This went on for awhile until I hit a breaking point, mercifully, among supportive friends who had a good idea that it was coming.  They both let me do something I had, up until that point, really denied myself full expression: grieve.  I had just sucked in all the mixed feelings I had from the week I left the group  and my fiancee and I broke up, and ran with it.  At that point, it was more about surviving exam week.  Afterward, it was because I didn’t want to deal with the feelings I had stuck inside me.  When I finally let everything out, it was a clearing point for my emotions and my head.  I’ve been able to look back with a clearer head, see where I made mistakes, where others made mistakes, and accept that I screwed up without skewering myself with guilt trips and emotional lashings any more.  I may not remember everything (I don’t have the best memory) but I clearly can see where I screwed up, and have changed how I do things.  I think that of anything, that’s really the important part.  That, and I’m more forgiving with myself than I used to be.

Part of the reason I lashed out at group members was because I held myself to very high standards, standards that I sometimes wasn’t able to meet.  So I’d push myself and push myself until I hit them, and expect everyone else around me to rise up to my standards.  Not only did I tend to have high expectations that were impossible to meet, I also reacted a lot to my fear that I was not good enough, didn’t know enough, wasn’t a good priest or shaman, and I felt I needed to help people because if I wasn’t useful doing something for someone then I wasn’t worth anything.  I put people down to feel better about myself, an insecurity move if ever there was one, and my insecurities about myself ate into everyone around me.  When I had more emotional highs, or when I wasn’t feeling the insecurities, I could be smug, glib, and condescending.  It didn’t matter that I didn’t mean to; I did it.  That’s really one of the big lessons I took away from all this.  It does not matter what you intend; it is important, but what happens from the impact of your choices, that is what really matters.  If I can say this about spellwork and spirituality then it is applicable to the practical and emotional realms as well.

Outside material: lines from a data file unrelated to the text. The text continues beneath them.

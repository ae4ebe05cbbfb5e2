//! A core with its clock, and the moment that the clock's readings amount to.
ghost use Rattle.std.specs.Prelude.{◌≡◌, ◌<◌, ◌↔◌, ◌+◌, ◌&&◌, [], false, not, true, IfOk, IsErrOf, IsTrue};
ghost use Rattle.bq_job.specs.beside.NextDue.{is_before, next_due};
ghost use Rattle.bq_job.specs.machine.Machine.{new_machine};
ghost use Rattle.bq_core_api.specs.Limits.{are_in_range};
ghost use Rattle.bq_host.specs.Told.{HasLogged, concern_of, none_told, told_after};
ghost use Rattle.bq_host.specs.Timed.{HasHeard, KnowsDue, HearsDue, HearsIf, IsNewTimed, IsReady, LooksAndSteps, OnlyHears, PassesOver, TakesStep, is_read_for};

use crate::fault::RunFault;
use crate::notices::{Notices, concern_of};
use bq_core_api::{Config, CoreFault, Outs, QueueCore};
use bq_job::{Moment, Seat, Step};
use bq_line::clock::{Clock, Notice, moment_heard};
use std::alloc::Global;

/// A clock, and the moment that its readings so far amount to.
#[derive(Drop)]
pub struct HeardClock<C> {
    pub clock: C,
    /// The latest moment. It never falls, whatever the clock reads.
    pub moment: Moment,
}

impl<C: Clock + Drop> HeardClock<C> {
    /// Returns a clock that was not read yet: its moment is 0.
    pub fn new(clock: C) -> HeardClock<C>
        ensures clock { result.clock ≡ clock }
        ensures moment { result.moment ≡ 0 }
    {
        HeardClock { clock, moment: 0 }
    }

    /// Reads the clock once and returns the reading. The latest moment follows it.
    pub fn hear(&mut self) -> Option<Moment>
        ensures { HasHeard C.given self.old result self.new }
    {
        let reading = self.clock.now();
        self.moment = moment_heard(self.moment, reading);
        reading
    }
}

/// A core that takes each step at the moment that its clock reads then.
#[derive(Drop)]
pub struct TimedCore<C, K> {
    /// The allocator, for the steps that allocate.
    pub alloc: Global,
    pub core: K,
    /// The answers of the last step that were not taken yet.
    pub outs: Outs,
    pub time: HeardClock<C>,
    /// The next moment at which something is due.
    pub due: Option<Moment>,
    /// Whether `due` holds for the core as it is now: it was asked since its last step.
    pub is_due_known: bool,
    /// What was logged about the core's steps, or returned to be logged.
    pub notices: Notices,
}

/// Returns a new core, and room for the answers of its steps. All memory but that for jobs is
/// allocated here.
///
/// The error is `BadConfiguration` if the configuration is out of its ranges, and otherwise
/// `NoMemory`.
pub fn new_core<K: QueueCore + Drop>(alloc: Global, config: Config) -> Result<(K, Outs), RunFault>
    ensures core { IfOk result (λ new. K.machine new.0 ≡ new_machine config) }
    ensures none_compared { IfOk result (λ new. K.comparisons new.0 ≡ 0) }
    ensures none_given { IfOk result (λ new. new.1.given ≡ []) }
    ensures room { IfOk result (λ new. new.1.most ≡ config.seats + 1) }
    ensures bad_configuration { IsErrOf result RunFault.BadConfiguration ↔ IsTrue
        (not (are_in_range config)) }
    ensures no_thread { IsErrOf result RunFault.ThreadRefused ↔ ⊥ }
{
    let core = match K::new(alloc, config) {
        Ok(core) => core,
        Err(CoreFault::NoMemory) => return Err(RunFault::NoMemory),
        Err(_) => return Err(RunFault::BadConfiguration),
    };
    match Outs::new(alloc, config.seats) {
        Ok(outs) => Ok((core, outs)),
        Err(_) => Err(RunFault::NoMemory),
    }
}

impl<C: Clock + Drop, K: QueueCore + Drop> TimedCore<C, K> {
    /// Returns a new core with a clock that was not read yet. All memory but that for jobs is
    /// allocated here.
    ///
    /// The error is `BadConfiguration` if the configuration is out of its ranges, and otherwise
    /// `NoMemory`.
    pub fn new(alloc: Global, config: Config, clock: C) -> Result<TimedCore<C, K>, RunFault>
        ensures made { IfOk result (IsNewTimed K.QueueCore config clock) }
        ensures none_told { IfOk result (λ timed. timed.notices ≡ none_told) }
        ensures bad_configuration { IsErrOf result RunFault.BadConfiguration ↔ IsTrue
            (not (are_in_range config)) }
        ensures no_thread { IsErrOf result RunFault.ThreadRefused ↔ ⊥ }
    {
        let (core, outs) = new_core::<K>(alloc, config)?;
        Ok(TimedCore::over(alloc, core, outs, clock))
    }

    /// Returns this core with a clock that was not read yet.
    pub fn over(alloc: Global, core: K, outs: Outs, clock: C) -> TimedCore<C, K>
        ensures core { result.core ≡ core }
        ensures outs { result.outs ≡ outs }
        ensures clock { result.time.clock ≡ clock }
        ensures none_heard { result.time.moment ≡ 0 }
        ensures unknown { result.is_due_known ≡ false }
        ensures none_told { result.notices ≡ none_told }
    {
        TimedCore {
            alloc,
            core,
            outs,
            time: HeardClock::new(clock),
            due: None,
            is_due_known: false,
            notices: Notices::none(),
        }
    }

    /// Takes a step at the moment that the clock reads now, and logs through the clock what the
    /// operator has to see of it. The step itself is not moved.
    pub fn take_step(&mut self, seat: Seat, what: &Step)
        requires ready { IsReady K.machine self.old }
        ensures ready { IsReady K.machine self.new }
        ensures taken { TakesStep K.QueueCore C.Clock self.old seat what.now self.new }
        // What was logged before decides what is logged now, and so do the answers of this step and
        // whether an allocation of it failed.
        ensures told { HasLogged (concern_of what.now) self.new.outs self.new.time.moment
            self.old.notices self.new.notices }
    {
        if let Some(notice) = self.take_step_quietly(seat, what) {
            self.time.clock.tell(notice);
        }
    }

    /// Takes a step at the moment that the clock reads now, and returns what has to be logged about
    /// it. It is up to the caller to log that: this call never waits.
    pub fn take_step_quietly(&mut self, seat: Seat, what: &Step) -> Option<Notice>
        requires ready { IsReady K.machine self.old }
        ensures ready { IsReady K.machine self.new }
        ensures taken { TakesStep K.QueueCore C.Clock self.old seat what.now self.new }
        ensures told { (result, self.new.notices) ≡ told_after (concern_of what.now) self.new.outs self.new.time.moment
            self.old.notices }
    {
        let _reading = self.time.hear();
        self.is_due_known = false;
        self.core
            .step_in_place(self.alloc, self.time.moment, seat, what, &mut self.outs);
        let concern = concern_of(what);
        self.notices.after(concern, &self.outs, self.time.moment)
    }

    /// Returns whether something is due by now, and takes a tick then, if it may. The clock is read
    /// once, unless nothing will ever be due; the tick is taken at the moment of that reading.
    ///
    /// `is_fresh` says that the last reading is as good as a new one: if nothing was due then, the
    /// clock is not read.
    pub fn tick_if_due(&mut self, seat: Seat, is_fresh: bool, may_tick: bool) -> bool
        requires ready { IsReady K.machine self.old }
        ensures ready { IsReady K.machine self.new }
        ensures over { (may_tick && result) ≡ false → PassesOver K.QueueCore C.Clock self.old self.new }
        ensures ticked { (may_tick && result) ≡ true → LooksAndSteps K.QueueCore C.Clock self.old seat Step.Tick self.new }
        ensures read { HearsIf C.given (is_read_for is_fresh self.old.time.moment (next_due (K.machine self.old.core))) self.old.time self.new.time }
        ensures is_due { result
            ≡ not (is_before self.new.time.moment (next_due (K.machine self.old.core))) }
        ensures due { self.new.due ≡ next_due (K.machine self.old.core) }
        ensures settings { (K.machine self.new.core).settings ≡ (K.machine self.old.core).settings }
        ensures notices { self.new.notices ≡ self.old.notices }
    {
        if !self.is_due(is_fresh) {
            return false;
        }
        if may_tick {
            self.tick(seat);
        }
        true
    }

    // Takes a tick at the latest moment of the clock.
    fn tick(&mut self, seat: Seat)
        requires ready { IsReady K.machine self.old }
        ensures ready { IsReady K.machine self.new }
        ensures ticked { (first : TimedCore C K) → OnlyHears C.given first self.old → TakesStep K.QueueCore C.Clock first seat Step.Tick self.new }
        ensures time { self.new.time ≡ self.old.time }
        ensures due { self.new.due ≡ self.old.due }
        ensures settings { (K.machine self.new.core).settings ≡ (K.machine self.old.core).settings }
        ensures notices { self.new.notices ≡ self.old.notices }
    {
        self.is_due_known = false;
        self.core.step_in_place(
            self.alloc,
            self.time.moment,
            seat,
            &Step::Tick,
            &mut self.outs,
        );
    }

    // Returns whether something is due by now. The clock is read once, unless nothing will
    // ever be due, or the last reading is fresh and nothing was due then.
    fn is_due(&mut self, is_fresh: bool) -> bool
        requires ready { IsReady K.machine self.old }
        ensures ready { IsReady K.machine self.new }
        ensures over { PassesOver K.QueueCore C.Clock self.old self.new }
        ensures heard { result ≡ true → HearsDue K.QueueCore C.Clock self.old self.new }
        ensures read { HearsIf C.given (is_read_for is_fresh self.old.time.moment (next_due (K.machine self.old.core))) self.old.time self.new.time }
        ensures is_due { result
            ≡ not (is_before self.new.time.moment (next_due (K.machine self.old.core))) }
        ensures due { self.new.due ≡ next_due (K.machine self.old.core) }
        ensures same { K.machine self.new.core ≡ K.machine self.old.core }
        ensures notices { self.new.notices ≡ self.old.notices }
    {
        let Some(due) = self.next_due() else {
            return false;
        };
        if is_fresh && self.time.moment < due {
            return false;
        }
        let _reading = self.time.hear();
        due <= self.time.moment
    }

    // Returns the next moment at which something is due. The core is asked at most once after each
    // step.
    fn next_due(&mut self) -> Option<Moment>
        requires ready { IsReady K.machine self.old }
        ensures ready { IsReady K.machine self.new }
        ensures due { result ≡ next_due (K.machine self.old.core) }
        ensures known { KnowsDue K.QueueCore self.old self.new }
        ensures notices { self.new.notices ≡ self.old.notices }
    {
        if !self.is_due_known {
            self.due = self.core.next_due();
            self.is_due_known = true;
        }
        self.due
    }
}
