//! The seats that have mail and were not woken for it yet.
ghost use Rattle.std.specs.Prelude.{◌≡◌, ◌<◌, ◌≤◌, ◌++◌, [], length, true, false, slice_index_or, slice_set, IfOk, IsNone, ◌↔◌};
ghost use Rattle.std.specs.Option.{option_to_list};

use bq_job::Seat;
use std::alloc::{AllocError, Global};
use std::collections::VecDeque;
use std::marker::Model;

/// A queue of the seats that have mail and were not woken for it yet. Each seat is in it at most
/// once. All memory is allocated when the queue is created.
#[derive(Drop)]
pub struct WakeQueue {
    seats: VecDeque<Seat, Global>,
    marks: Vec<bool, Global>,
}

impl Model for WakeQueue {
    ghost use Rattle.std.specs.Prelude.{false, length, ◌≤◌};
    ghost use Rattle.std.specs.VecDeque.{deque_capacity};
    ghost use Rattle.bq_host.specs.Marks.{HasMarks};
    ghost use Rattle.bq_host.specs.WakeLists.{WakeList};

    ghost Value = { WakeList };

    ghost view = { λ w. record { seats = length w.marks.items; waiting = w.seats.items } };

    ghost invariant = { λ w. HasMarks (λ mark. mark) false w.seats.items w.marks.items × (length w.marks.items ≤ deque_capacity w.seats) };
}

// Sets the mark of a seat that has none. Returns true if it did.
fn mark(marks: &mut Vec<bool, Global>, seat: usize) -> bool
    ensures marked { result ≡ true → (seat < length marks.old.items) × (slice_index_or marks.old.items seat false ≡ false)
        × (marks.new.items ≡ slice_set marks.old.items seat true) }
    ensures kept { result ≡ false → marks.new.items ≡ marks.old.items }
    ensures elsewhere { result ≡ false → seat < length marks.old.items → slice_index_or marks.old.items seat false ≡ true }
{
    if seat >= marks.len() || marks[seat] {
        return false;
    }
    marks[seat] = true;
    true
}

// Removes the mark of a seat.
fn unmark(marks: &mut Vec<bool, Global>, seat: usize)
    requires { seat < length marks.old.items }
    ensures { marks.new.items ≡ slice_set marks.old.items seat false }
{
    marks[seat] = false;
}

impl WakeQueue {
    ghost use Rattle.bq_host.specs.WakeLists.{none_waits, to_wake};

    /// Returns a queue for no seat: none is ever added. Nothing is allocated.
    pub fn none(alloc: Global) -> WakeQueue
        ensures { result ≡ none_waits 0 }
    {
        WakeQueue {
            seats: VecDeque::new(alloc),
            marks: Vec::new(alloc),
        }
    }

    /// Allocates room for this many seats.
    pub fn new(alloc: Global, seats: u16) -> Result<WakeQueue, AllocError>
        ensures { IfOk result (λ wake_queue. wake_queue ≡ none_waits seats) }
    {
        Ok(WakeQueue {
            seats: VecDeque::with_capacity(alloc, usize::from(seats))?,
            marks: Vec::from_elem(alloc, false, usize::from(seats))?,
        })
    }

    /// Adds a seat at the end, unless it is in the queue.
    pub fn add(&mut self, seat: Seat)
        ensures { self.new ≡ to_wake seat self.old }
    {
        if mark(&mut self.marks, usize::from(seat)) {
            self.seats.push_back(seat).unwrap();
        }
    }

    /// Removes and returns the first seat.
    pub fn take_first(&mut self) -> Option<Seat>
        ensures first { self.old.waiting ≡ option_to_list result ++ self.new.waiting }
        ensures none { IsNone result ↔ (self.old.waiting ≡ []) }
        ensures rest { self.new ≡ record self.old { waiting = self.new.waiting } }
    {
        let seat = self.seats.pop_front()?;
        unmark(&mut self.marks, usize::from(seat));
        Some(seat)
    }
}
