//! What the runs of the server share: the threads of a run and why it does not begin, its seats and their
//! mail, a core with its clock, what is logged about the core's steps, and a journal of them. Also a hub, at
//! which one thread serves seats.
#![tactic(auto)]

pub use crew::{Member, serve_crew, serve_crew_beside};
pub use fault::RunFault;
pub use hub::Hub;
pub use journal::{CopySource, Journal, SharedBodies};
pub use mail::{Mail, new_mails};
pub use notices::Notices;
pub use seats::new_seats;
pub use timed_core::{HeardClock, TimedCore, new_core};
pub use wake_queue::WakeQueue;

mod crew;
mod fault;
mod hub;
pub mod hub_seat;
mod journal;
mod mail;
mod notices;
mod seats;
mod start;
mod timed_core;
mod wake_queue;
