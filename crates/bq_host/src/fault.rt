ghost use Rattle.std.specs.Prelude.{◌≡◌};
ghost use Rattle.bq_host.specs.FaultCodes.{run_fault_code};

use thiserror::Error;

/// The reason why a run did not begin. No connection was opened, read or written.
#[derive(Clone, Copy, Debug, PartialEq, Eq, Error)]
pub enum RunFault {
    /// An allocation failed.
    #[error("no memory")]
    NoMemory,
    /// A thread could not be started.
    #[error("a thread was refused")]
    ThreadRefused,
    /// The configuration is out of its ranges, or does not fit its use.
    #[error("bad configuration")]
    BadConfiguration,
}

impl RunFault {
    /// Returns the number of this error: 501, 502 or 503.
    pub fn code(self) -> u16
        ensures { result ≡ run_fault_code self }
    {
        match self {
            RunFault::NoMemory => 501,
            RunFault::ThreadRefused => 502,
            RunFault::BadConfiguration => 503,
        }
    }
}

A lot of my emotional work the last few months out of the group has largely been around my feelings of self-worth, which, from what I have seen, is at the root of a lot of the problems that erupted.  Constantly talking about it with close friends and family has helped a lot.  I get a new perspective each time that I share it, a new way of seeing it, and different ways of expressing my fears, anxieties, and other emotions I’ve largely buried or ignored.  By relying more on the Pagan community, I’ve come to appreciate not just the larger Pagan community, but my place in it being one of value, even if I was totally silent, because I am in it.  Something that Bona Dea’s workshop at Paganfest, Weaving Community, really drove home for me was that once you intertwine the threads of yourself and your community you’re together in the tapestry.  It reflected a deep truth I’d forgotten in and of myself, both in terms of my impact on people, and my value in it.  It also drove home the reason the group asked me to leave: when you weave in the workshop, you need to be mindful of others’ threads, of where they are, and be sure that your own respects theirs and the overall tapestry.  I didn’t respect the group’s tapestry; I talked a good game about Wyrd, but more often than not I wanted people to go this way or that way because I looked at people, saw a lot of raw potential, but didn’t respect where they wanted or in some cases, needed to take that potential.  In short, I didn’t listen to them, their Wyrd, or how I came off or sounded.  I was trying to have people fill up something in me I wasn’t filling up myself, something that other people couldn’t give me in the first place: self-esteem.  Self-respect.  Love.  People can’t fill you with those things.  They might trigger those things in you to show up, but they have to be there first.  I didn’t know how to take praise; it never seemed good enough because I didn’t respect or love myself enough to think I would be worthy of those things.  I didn’t know when enough was enough because I kept setting standards higher for myself, and then for others, thinking “this is what I have to do to earn respect in the community”, but I didn’t have enough respect for myself or others to see the limitations I or they had.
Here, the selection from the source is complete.